> Task:
Below are the records; copy every line in them that holds the string "Option".

> Stored items:
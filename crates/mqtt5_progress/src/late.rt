//! A broker that hands a publish of QoS 2 on at its release.

ghost use Rattle.std.specs.Prelude.{◌≡◌, ◌≢◌, ◌≤◌, ◌+◌, ◌==◌, ℕ, Bool, true, List, [], ◌∷◌, ◌++◌, count_by, OnOk, IfOk, Some, None, not};
ghost use Rattle.std.specs.FinSet as set;
ghost use Rattle.mqtt5_base.specs.declared.quality.QoS.{QoS};
ghost use Rattle.mqtt5_base.specs.declared.quality.QoS.TheVariants.{AtMostOnce, AtLeastOnce, ExactlyOnce};
ghost use Rattle.mqtt5_publish.specs.declared.publish.Publish.{Publish};
ghost use Rattle.mqtt5_codec.specs.declared.packet.Packet.{Packet};
ghost use Rattle.mqtt5_world.specs.declared.event.WorldEvent.{WorldEvent};
ghost use Rattle.mqtt5_world.specs.Broker.{idle, serve};
ghost use Rattle.mqtt5_world.specs.World.{start, run_world};
ghost use Rattle.mqtt5_world.specs.Delivery.{IsClass, stored_in, waiting_in};
ghost use Rattle.mqtt5_progress.specs.Progress.{Settled};
ghost use Rattle.mqtt5_progress.specs.Late.{idle_late, has_id, with_id, without_id, serve_publish_late, release_late, serve_late, start_late, run_late, settle_late, stored_without_late};

use mqtt5_base::{QoS, copied};
use mqtt5_codec::Packet;
use mqtt5_publish::Publish;
use mqtt5_world::{puback, pubcomp, pubrec};
use std::alloc::{AllocError, Global};
use std::marker::Model;

/// A broker that stores a publish of QoS 2 until its release (MQTT 5.0 section 4.3.3).
#[derive(Debug, Drop)]
pub struct LateBroker {
    stored: Vec<Publish>,
    handed: Vec<Publish>,
}

impl Model for LateBroker {
    ghost use Rattle.std.specs.Coded.{codes};
    ghost use Rattle.mqtt5_publish.specs.contracts.publish.Publish as publish;
    ghost use Rattle.mqtt5_progress.specs.Late as model;

    ghost Value = { model.Late };

    ghost coded = { Prim.hlevel (codes, publish.the_row.coded) };

    ghost view = { λ a. record { stored = a.stored.items; handed = a.handed.items } };
}

impl LateBroker {
    /// A broker that has nothing of the client.
    pub fn new(alloc: Global) -> LateBroker
        ensures { result ≡ idle_late }
    {
        LateBroker {
            stored: Vec::new(alloc),
            handed: Vec::new(alloc),
        }
    }

    /// What was handed on, in order.
    pub fn into_handed(self) -> Vec<Publish>
        ensures { result.items ≡ self.handed }
    {
        let LateBroker { handed, .. } = self;
        handed
    }

    /// Takes a packet and answers it.
    pub fn serve(&mut self, packet: &Packet) -> Result<Option<Packet>, AllocError>
        ensures reply { IfOk result (λ reply. reply ≡ (serve_late self.old packet.now).0) }
        ensures broker { OnOk result (self.new ≡ (serve_late self.old packet.now).1) }
    {
        match packet {
            Packet::Publish(publish) => self.serve_publish(publish),
            Packet::PubRel(release) => self.release(release.pkid),
            _other => Ok(None),
        }
    }

    fn serve_publish(&mut self, publish: &Publish) -> Result<Option<Packet>, AllocError>
        ensures reply { IfOk result (λ reply. reply
            ≡ (serve_publish_late publish.now.qos self.old publish.now).0) }
        ensures broker { OnOk result
            (self.new ≡ (serve_publish_late publish.now.qos self.old publish.now).1) }
    {
        let id = publish.pkid;
        match publish.qos {
            QoS::AtMostOnce => {
                self.hand_on(publish)?;
                Ok(None)
            }
            QoS::AtLeastOnce => {
                self.hand_on(publish)?;
                Ok(Some(puback(id)))
            }
            QoS::ExactlyOnce => {
                if !self.stores(id) {
                    self.store(publish)?;
                }
                Ok(Some(pubrec(id)))
            }
        }
    }

    /// Hands a publish on.
    fn hand_on(&mut self, publish: &Publish) -> Result<(), AllocError>
        ensures { OnOk result
            (self.new ≡ record self.old { handed = self.old.handed ++ publish.now ∷ [] }) }
    {
        let publish = copied(publish)?;
        self.handed.push(publish)?;
        Ok(())
    }

    /// Stores a publish until its release.
    fn store(&mut self, publish: &Publish) -> Result<(), AllocError>
        ensures { OnOk result
            (self.new ≡ record self.old { stored = self.old.stored ++ publish.now ∷ [] }) }
    {
        let publish = copied(publish)?;
        self.stored.push(publish)?;
        Ok(())
    }

    /// Whether a publish is stored under an id.
    fn stores(&self, id: u16) -> bool
        ensures { result ≡ has_id id self.now.stored }
    {
        self.stored.iter().any(|publish| publish.pkid == id)
    }

    /// Hands on what is stored under an id, and answers whether anything was.
    fn release(&mut self, id: u16) -> Result<Option<Packet>, AllocError>
        ensures reply { IfOk result (λ reply. reply ≡ (release_late self.old id).0) }
        ensures broker { OnOk result (self.new ≡ (release_late self.old id).1) }
    {
        let had = self.stores(id);
        push_released(id, &self.stored, &mut self.handed)?;
        drop_released(id, &mut self.stored);
        Ok(Some(pubcomp(id, had)))
    }
}

/// Puts the publishes of an id behind others.
fn push_released(id: u16, stored: &[Publish], handed: &mut Vec<Publish>) -> Result<(), AllocError>
    ensures { OnOk result (handed.new.items ≡ handed.old.items ++ with_id id stored.now) }
{
    for publish in stored {
        if publish.pkid == id {
            handed.push(copied(publish)?)?;
        }
    }
    Ok(())
}

/// Drops the publishes of an id.
fn drop_released(id: u16, stored: &mut Vec<Publish>)
    ensures { stored.new.items ≡ without_id id stored.old.items }
{
    stored.retain(|publish| publish.pkid != id);
}

/// A law, which does nothing when it is called: a client can't tell such a broker from one that hands on at once.
pub fn late_law()
    // All but the broker is the same.
    ensures same_world { (limit : ℕ) (events : List WorldEvent)
        → (run_late events (start_late limit)).around
        ≡ record (run_world events (start limit)) { broker = idle } }
    // The same ids are there, and each packet has the same reply.
    ensures same_ids { (limit : ℕ) (events : List WorldEvent) (id : ℕ)
        → has_id id (run_late events (start_late limit)).broker.stored
        ≡ set.contains (run_world events (start limit)).broker.ids id }
    ensures same_replies { (limit : ℕ) (events : List WorldEvent) (packet : Packet)
        → (serve_late (run_late events (start_late limit)).broker packet).0
        ≡ (serve (run_world events (start limit)).broker packet).0 }
    // What it handed on and what it stores is what the other handed on; below QoS 2 it stores nothing.
    ensures moved { (limit : ℕ) (events : List WorldEvent) (test : Publish → Bool)
        → count_by test (run_late events (start_late limit)).broker.handed + count_by test
        (run_late events (start_late limit)).broker.stored
        ≡ count_by test (run_world events (start limit)).broker.handed }
    ensures same_below { (limit : ℕ) (events : List WorldEvent) (qos : QoS) (test : Publish → Bool)
        → IsClass qos test → qos ≢ ExactlyOnce
        → count_by test (run_late events (start_late limit)).broker.handed
        ≡ count_by test (run_world events (start limit)).broker.handed }
{}

/// A law, which does nothing when it is called: how often such a broker hands on the publishes of a class, in every world
/// that a run reaches.
pub fn late_delivery_law()
    ensures at_most_once { (limit : ℕ) (events : List WorldEvent) (qos : QoS)
        (test : Publish → Bool) → IsClass qos test → qos ≢ AtLeastOnce
        → count_by test (run_late events (start_late limit)).broker.handed
        ≤ count_by test (run_late events (start_late limit)).around.accepted }
    ensures at_least_once { (limit : ℕ) (events : List WorldEvent) (qos : QoS)
        (test : Publish → Bool) → IsClass qos test → qos ≢ AtMostOnce
        → count_by test (run_late events (start_late limit)).around.accepted
        ≤ count_by test (run_late events (start_late limit)).broker.handed + count_by test
        (run_late events (start_late limit)).broker.stored + count_by test
        (stored_in (run_late events (start_late limit)).around.session.core) + count_by test
        (waiting_in (run_late events (start_late limit)).around.session.core) }
    ensures ledger { (limit : ℕ) (events : List WorldEvent) (test : Publish → Bool)
        → IsClass ExactlyOnce test
        → count_by test (run_late events (start_late limit)).broker.handed + count_by test
        (run_late events (start_late limit)).broker.stored + count_by test
        (waiting_in (run_late events (start_late limit)).around.session.core) + count_by test
        (stored_without_late (run_late events (start_late limit)))
        ≡ count_by test (run_late events (start_late limit)).around.accepted }
{}

/// A law, which does nothing when it is called: after any run with such a broker, four rounds of deliveries bring everything
/// to its end.
pub fn late_progress_law()
    // Nothing is on its way or waiting, and the broker stores nothing.
    ensures settled { (limit : ℕ) (events : List WorldEvent)
        → Settled (settle_late 4 (run_late events (start_late limit))).around }
    ensures none_stored { (limit : ℕ) (events : List WorldEvent)
        → (settle_late 4 (run_late events (start_late limit))).broker.stored ≡ [] }
    // A class of QoS 2 was handed on exactly as often as it was accepted, and one of QoS 1 at least as often.
    ensures exactly_once { (limit : ℕ) (events : List WorldEvent) (test : Publish → Bool)
        → IsClass ExactlyOnce test
        → count_by test (settle_late 4 (run_late events (start_late limit))).broker.handed
        ≡ count_by test (run_late events (start_late limit)).around.accepted }
    ensures at_least_once { (limit : ℕ) (events : List WorldEvent) (test : Publish → Bool)
        → IsClass AtLeastOnce test
        → count_by test (run_late events (start_late limit)).around.accepted
        ≤ count_by test (settle_late 4 (run_late events (start_late limit))).broker.handed }
{}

> Task answer:
    pub fn serve(&mut self, packet: &Packet) -> Result<Option<Packet>, AllocError>
    fn serve_publish(&mut self, publish: &Publish) -> Result<Option<Packet>, AllocError>
    fn release(&mut self, id: u16) -> Result<Option<Packet>, AllocError>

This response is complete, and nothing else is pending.